You would be surprised how many people have taken this link I have provided and solved their issues. Even if this option seemed like a remote attempt to fix an issue. You surely have nothing to loose.



chamila33 said:


> ok ill try..but i dont think it ill mke a differance


----------



## rwc82 (Mar 29, 2007)

Hi everybody, i have some great news for you all on how to fix your sound problem, in just a few simple steps.:smooch: 

Step1. Go into my computer. Go into control panel. Then go into performance and maintenance.

Step2. Go into system. Then go into hardware. Then go into device manager.

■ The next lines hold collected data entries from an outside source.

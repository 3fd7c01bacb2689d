//! Rules of language matching.
ghost use Rattle.std.specs.Prelude.{◌≡◌, [], IfOk};
ghost use Rattle.icu_tables.specs.Puts.{put_all};
ghost use Rattle.icu_tables.specs.Supplement.{members_of, region_pattern, any_form};
ghost use Rattle.icu_tables.specs.inner.Further.{pattern_seen, rules_seen, matching_seen};

use crate::TableError;
use crate::from_json::locales::locale_named;
use crate::from_json::objects::{MemberReader, only_members, required};
use crate::from_json::rows::in_one_list;
use crate::from_json::values::FromValue;
use icu_locale_core::{Region, Script};
use icu_provider::{
    DataLocale, LanguageMatching, MatchPattern, MatchRule, MatchRules, RegionPattern, SortedMap,
};
use serde_json::Value;
use std::alloc::{AllocError, Global};
use std::cmp::Ord;
use std::collections::BTreeMap;

// A locale in written form.
impl FromValue for DataLocale {
    ghost use Rattle.icu_provider.specs.declared.data_locale.DataLocale.{DataLocale};
    ghost use Rattle.icu_tables.specs.Supplement.{locale};

    ghost Seen = { DataLocale };

    ghost seen = { λ x. x };

    ghost shape = { locale };

    fn from_value(_alloc: Global, value: &Value) -> Result<Self, TableError> {
        let Some(text) = value.as_str() else {
            return Err(TableError::Shape);
        };
        let Some(locale) = locale_named(text) else {
            return Err(TableError::Shape);
        };
        // the types within are named, since the borrow checker's proof is not made without
        let script: Option<Script> = locale.script;
        let region: Option<Region> = locale.region;
        Ok(DataLocale {
            language: locale.language,
            script,
            region,
        })
    }
}

// A distance.
impl FromValue for u16 {
    ghost use Rattle.std.specs.Prelude.{ℕ};
    ghost use Rattle.icu_tables.specs.Supplement.{distance};

    ghost Seen = { ℕ };

    ghost seen = { λ n. n };

    ghost shape = { distance };

    fn from_value(_alloc: Global, value: &Value) -> Result<Self, TableError> {
        match value.as_u64() {
            Some(number) if number <= 0xffff => Ok(number as u16),
            _ => Err(TableError::Shape),
        }
    }
}

// A set of regions.
impl FromValue for SortedMap<Region, ()> {
    ghost use Rattle.std.specs.Prelude.{List, ℕ};
    ghost use Rattle.icu_tables.specs.Supplement.{region_set};

    ghost Seen = { List (List ℕ × Unit {0}) };

    ghost seen = { λ set. set };

    ghost shape = { region_set };

    fn from_value(alloc: Global, value: &Value) -> Result<Self, TableError> {
        Ok(set_of(alloc, Vec::from_value(alloc, value)?)?)
    }
}

// The set of the keys of a list, where repeats fall together. No order of the keys costs more than a sort.
pub(crate) fn set_of<K: Ord + Drop>(
    alloc: Global,
    keys: Vec<K>,
) -> Result<SortedMap<K, ()>, AllocError>
    ensures { IfOk result (λ set. set ≡ put_all K.cmp [] (members_of keys.items)) }
{
    let mut rows = BTreeMap::new(alloc);
    for key in keys {
        let _ = rows.insert(key, ())?;
    }
    in_one_list(alloc, rows)
}

// The members of a pattern.
#[derive(Drop)]
pub(crate) struct PatternParts {
    pub(crate) script: Option<Script>,
    pub(crate) inside: Option<SortedMap<Region, ()>>,
    pub(crate) outside: Option<SortedMap<Region, ()>>,
}

impl FromValue for PatternParts {
    ghost use Rattle.icu_tables.specs.Supplement.{PatternRows, pattern_parts};

    ghost Seen = { PatternRows };

    ghost seen = { pattern_seen };

    ghost shape = { pattern_parts };

    fn from_value(alloc: Global, value: &Value) -> Result<Self, TableError> {
        only_members(value, &["script", "in", "not"])?;
        let mut parts = PatternParts {
            script: None,
            inside: None,
            outside: None,
        };
        MemberReader::of(alloc, value)
            .fill("script", &mut parts.script)
            .fill("in", &mut parts.inside)
            .fill("not", &mut parts.outside)
            .finish(parts)
    }
}

impl FromValue for MatchPattern {
    ghost use Rattle.icu_provider.specs.declared.matching.MatchPattern.{MatchPattern};
    ghost use Rattle.icu_tables.specs.Supplement.{pattern};

    ghost Seen = { MatchPattern };

    ghost seen = { λ p. p };

    ghost shape = { pattern };

    fn from_value(alloc: Global, value: &Value) -> Result<Self, TableError> {
        let parts = PatternParts::from_value(alloc, value)?;
        let script = parts.script;
        let region = region_pattern(parts.inside, parts.outside).ok_or(TableError::Shape)?;
        Ok(MatchPattern { script, region })
    }
}

// One set of regions at most.
pub(crate) fn region_pattern(
    inside: Option<SortedMap<Region, ()>>,
    outside: Option<SortedMap<Region, ()>>,
) -> Option<RegionPattern>
    ensures { result ≡ region_pattern inside outside }
{
    match (inside, outside) {
        (None, None) => Some(RegionPattern::Any),
        (Some(inside), None) => Some(RegionPattern::In(inside)),
        (None, Some(outside)) => Some(RegionPattern::NotIn(outside)),
        (Some(_), Some(_)) => None,
    }
}

impl FromValue for MatchRule {
    ghost use Rattle.icu_provider.specs.declared.matching.MatchRule.{MatchRule};
    ghost use Rattle.icu_tables.specs.Supplement.{match_rule};

    ghost Seen = { MatchRule };

    ghost seen = { λ rule. rule };

    ghost shape = { match_rule };

    fn from_value(alloc: Global, value: &Value) -> Result<Self, TableError> {
        only_members(value, &["language", "distance", "desired", "supported"])?;
        let language = required(alloc, value, "language")?;
        let distance = required(alloc, value, "distance")?;
        let mut rule = MatchRule {
            desired: any_form(),
            language,
            supported: any_form(),
            distance,
        };
        MemberReader::of(alloc, value)
            .fill("desired", &mut rule.desired)
            .fill("supported", &mut rule.supported)
            .finish(rule)
    }
}

// What fits any form.
pub(crate) fn any_form() -> MatchPattern
    ensures { result ≡ any_form }
{
    MatchPattern {
        script: None,
        region: RegionPattern::Any,
    }
}

impl FromValue for MatchRules {
    ghost use Rattle.icu_tables.specs.Supplement.{RuleRows, match_rules};

    ghost Seen = { RuleRows };

    ghost seen = { rules_seen };

    ghost shape = { match_rules };

    fn from_value(alloc: Global, value: &Value) -> Result<Self, TableError> {
        only_members(value, &["language", "script", "region"])?;
        let mut rules = MatchRules::new(alloc);
        MemberReader::of(alloc, value)
            .fill("language", &mut rules.language)
            .fill("script", &mut rules.script)
            .fill("region", &mut rules.region)
            .finish(rules)
    }
}

impl FromValue for LanguageMatching {
    ghost use Rattle.icu_tables.specs.Supplement.{MatchingRows, matching};

    ghost Seen = { MatchingRows };

    ghost seen = { matching_seen };

    ghost shape = { matching };

    fn from_value(alloc: Global, value: &Value) -> Result<Self, TableError> {
        only_members(value, &["others", "macros", "paradigms", "rules"])?;
        let others: (u16, u16, u16) = required(alloc, value, "others")?;
        let mut table = LanguageMatching::new(alloc, others.0, others.1, others.2);
        MemberReader::of(alloc, value)
            .fill("macros", &mut table.macros)
            .fill("paradigms", &mut table.paradigms)
            .fill("rules", &mut table.rules)
            .finish(table)
    }
}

Step3. Go into sound video and game controllers.

Step4. Right click on any of the ac97 devices that are not working and have a code 10. Uninstall them. (there should be 1 or maybe 2, marked with a little yellow symbol)

Step5.On the toolbar in device manager, there is a little computer with a magnify glass(scan for hardware changes). Click on that.

bingo bango the computer will detect the sound card and install it in working order for you to enjoy all the beautiful sounds your computer can make.::grin:


----------



## rwc82 (Mar 29, 2007)

OK my first post probably won't work for you as it did for me. But don't fret i have another method that might work. 

you can follow some of the steps in my first post, need be.

Go into device manager. Under other devices(marked with a yellow question mark) there will be a device called Multimedia audio controller(PCI bus0
device17
function5). Install this device. It is actually vinyl ac97 codec combo driver. This should work as long as the other drivers for the sound card are not installed. 

Good luck


----------



## smz (Mar 12, 2007)

These don't sound like universal solutions... I certainly wouldn't want to have to reset all my hardware devices to redetect everything from scratch. Do you realize that what you just recommended is only for via based devices?

See for yourself

I'm only part of the team here, and I am not a moderator. But before handing out advice that clearly is not a universal driver, perhaps you can take 30 seconds and search your recommendation with google. That's what I did and this is one of many links I came up with that strictly says: 

"This driver, also known as Vinyl AudioCodec, supports all VIA southbridges with integrated sound, including VT8231/VT82C686A/VT82C686B, VT8233/VT8233A/VT8233C/VT8235/VT8237/VT8287. This driver supports the VIA Six-TRAC (VT1616 Codec). The VIA Stylus driver for the Six-TRAC Codec integrates Sensaura technology realizing a new level of audio performance and functionality. This driver supports DOS sound for VIA VT82C686A/VT82C686B/VT8231 southbridges only.

Note: VIA audio drivers should not be installed on those systems that utilize third-party audio cards."

Nothing against you Dude, I just wanted to post the facts before any user with a similar problem reads this suggestion and turns their sound card driver into a event viewer nightmare.

Did you read my post about what his board specs were? Realtek which as far as I know isn't a via manufactured driver and I know I posted something about SIS as well.



rwc82 said:


> OK my first post probably won't work for you as it did for me. But don't fret i have another method that might work.
> 
> you can follow some of the steps in my first post, need be.
> 
> ...


----------



## linderman (May 20, 2005)

Hmmmmm SMZ gave you a very good piece of advice. 

I would be very careful about using a VIA driver for a SIS chipset unless I could find docmentation that such an obsecure method works?????

if you are adding a sound card, you may need to disable the onboard sound in the bios ?????

another good way to start fresh if things get too muddy, is by doing a win XP repair install (not re-install; those are two COMPLETELY different) things the repair install will remove all system drivers allowing you to start fresh, but it wont mess with your data or programs

you can find win xp repair install in my links @ signature

this is a last resort fix & time consuming also follow SMZ's instructions first :wave:


----------